Results. From the above-mentioned dependencies of the values of the extraction recovery of benzophenones on the difference in the solubility parameter of analytes and extraction solvents/extraction phases, it is concluded that the similar values of the solubility parameters of benzophenones and extraction solvents/phases indicate a high affinity between them and a high efficiency of using such solvents in dispersion liquid microextraction. The criterion for optimal selection of the extraction solvent/phase is the difference between the solubility parameter of the analyte and the extraction solvent/phase not more than 4,0. It is also shown in the work that similar values of the difference in solubility parameters between the extraction and dispersion solvents indicate the possibility of interchanging some extraction and dispersion solvents with others during microextraction.

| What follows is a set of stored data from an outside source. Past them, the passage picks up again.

//! The cause of a promotion.

ghost use Rattle.std.specs.Prelude.{◌≡◌, ◌&&◌, ◌==◌, IfOk};
ghost use Rattle.std.specs.List.{list_any, flat_map};
ghost use Rattle.shard_names.specs.Tablets.{alias_eq};
ghost use Rattle.shard_calls.specs.Kinds.{kind_eq};
ghost use Rattle.shard_calls.specs.declared.span.Kind.TheVariants as kinds;
ghost use Rattle.shard_calls.specs.Causes.{is_some_of, is_promoted_answer, is_told_answer, outcome_passes, said_in, any_said_in, records_it, not_joined, calls_of, leaves_out, is_promoted};
ghost use Rattle.shard_calls.specs.Same.{not_joined_eq};

use crate::calls::{is_promoted_answer, is_to};
use crate::copying::calls_of;
use crate::lists::not_joined_eq;
use refusals::not_joined;
use shard_base::OutOfMemory;
use shard_calls::{Answer, Asked, CommandState, Deed, Kind, NotJoined, Outcome};
use shard_names::Alias;
use std::alloc::Global;

fn is_some_of(term: &Option<u64>, other: u64) -> bool
    ensures { result ≡ is_some_of term.now other }
{
    match term {
        Some(term) => *term == other,
        None => false,
    }
}

fn is_told_answer(outcome: &Option<Outcome>) -> bool
    ensures { result ≡ outcome_passes is_told_answer outcome.now }
{
    matches!(
        outcome,
        Some(Outcome::Answered {
            answer: Answer::Told
        })
    )
}

fn is_to_in(term: u64, kind: Kind, alias: &Alias, asked: &Asked) -> bool
    ensures { result ≡ (kind_eq asked.now.kind kind && alias_eq asked.now.alias alias.now && (asked.now.term == term)) }
{
    is_to(kind, alias, asked) && asked.term == term
}

fn was_promoted_by(term: u64, alias: &Alias, deed: &Deed) -> bool
    ensures { result ≡ said_in term kinds.Promote alias.now is_promoted_answer deed.now }
{
    match deed {
        Deed::Asked { asked } => {
            is_to_in(term, Kind::Promote, alias, asked) && is_promoted_answer(&asked.outcome)
        }
        _ => false,
    }
}

fn was_promoted(term: u64, alias: &Alias, span: &[Deed]) -> bool
    ensures { result ≡ any_said_in term kinds.Promote alias.now is_promoted_answer span.now }
{
    span.iter().any(|deed| was_promoted_by(term, alias, deed))
}

fn was_told_by(term: u64, alias: &Alias, deed: &Deed) -> bool
    ensures { result ≡ said_in term kinds.WaitTold alias.now is_told_answer deed.now }
{
    match deed {
        Deed::Asked { asked } => {
            is_to_in(term, Kind::WaitTold, alias, asked) && is_told_answer(&asked.outcome)
        }
        _ => false,
    }
}

fn was_told(term: u64, alias: &Alias, span: &[Deed]) -> bool
    ensures { result ≡ any_said_in term kinds.WaitTold alias.now is_told_answer span.now }
{
    span.iter().any(|deed| was_told_by(term, alias, deed))
}

/// Whether the deed recorded the tablet.
pub fn records_it(alias: &Alias, deed: &Deed) -> bool
    ensures { result ≡ records_it alias.now deed.now }
{
    match deed {
        Deed::Recorded {
            alias: other,
            reply: Ok(_),
        } => *other == *alias,
        _ => false,
    }
}

/// Whether exactly these did not join, by the calls that told them to.
fn leaves(alloc: Global, left: &[NotJoined], later: &[Deed]) -> Result<bool, OutOfMemory>
    ensures { IfOk result (λ b. b ≡ not_joined_eq left.now (flat_map not_joined (calls_of kinds.SetSource later.now))) }
{
    let calls = calls_of(alloc, Kind::SetSource, later)?;
    let found = not_joined(alloc, calls.as_slice())?;
    Ok(not_joined_eq(left, found.as_slice()))
}

fn leaves_after(
    alloc: Global,
    alias: &Alias,
    left: &[NotJoined],
    deed: &Deed,
    later: &[Deed],
) -> Result<bool, OutOfMemory>
    ensures { IfOk result (λ b. b ≡ (records_it alias.now deed.now && not_joined_eq left.now (flat_map not_joined (calls_of kinds.SetSource later.now)))) }
{
    if !records_it(alias, deed) {
        return Ok(false);
    }
    leaves(alloc, left, later)
}

/// Whether exactly these did not join after the tablet was recorded.
fn leaves_out(
    alloc: Global,
    alias: &Alias,
    left: &[NotJoined],
    span: &[Deed],
) -> Result<bool, OutOfMemory>
    ensures { IfOk result (λ b. b ≡ leaves_out alias.now left.now span.now) }
{
    let mut rest = span;
    while let Some((deed, later)) = rest.split_first() {
        if leaves_after(alloc, alias, left, deed, later)? {
            return Ok(true);
        }
        rest = later;
    }
    Ok(false)
}

/// Whether the tablet's promotion, in the term that the command took, was answered so and counts as committed, the command recorded it, and
/// exactly these did not join.
pub fn is_promoted(
    alloc: Global,
    state: &CommandState,
    span: &[Deed],
    alias: &Alias,
    term: u64,
    left: &[NotJoined],
) -> Result<bool, OutOfMemory>
    ensures { IfOk result (λ b. b ≡ is_promoted state.now span.now alias.now term left.now) }
{
    if !is_some_of(&state.term, term) {
        return Ok(false);
    }
    if !was_promoted(term, alias, span) {
        return Ok(false);
    }
    if !was_told(term, alias, span) {
        return Ok(false);
    }
    leaves_out(alloc, alias, left, span)
}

Conclusions. High recovery rates (60 to 96 %) of a number of acetylated and non-acetylated benzophenones, namely benzophenone, 2-hydroxybenzophenone, 2-hydroxy-4-methoxybenzophenone, 2,4-dihydroxybenzophenone, confirm the feasibility of using the Hildebrand solubility parameter to optimize dispersion liquid microextraction. The Hildebrand solubility parameter is impractical for polar compounds that form hydrogen bonds with a solvent, for example diphenylmethanol. The obtained parameter values do not correlate with the degree of extraction of the analyte. It is also inappropriate to use the Hildebrand parameter to select optimal polar protic solvents if their content in the extraction phase is more than 1 %.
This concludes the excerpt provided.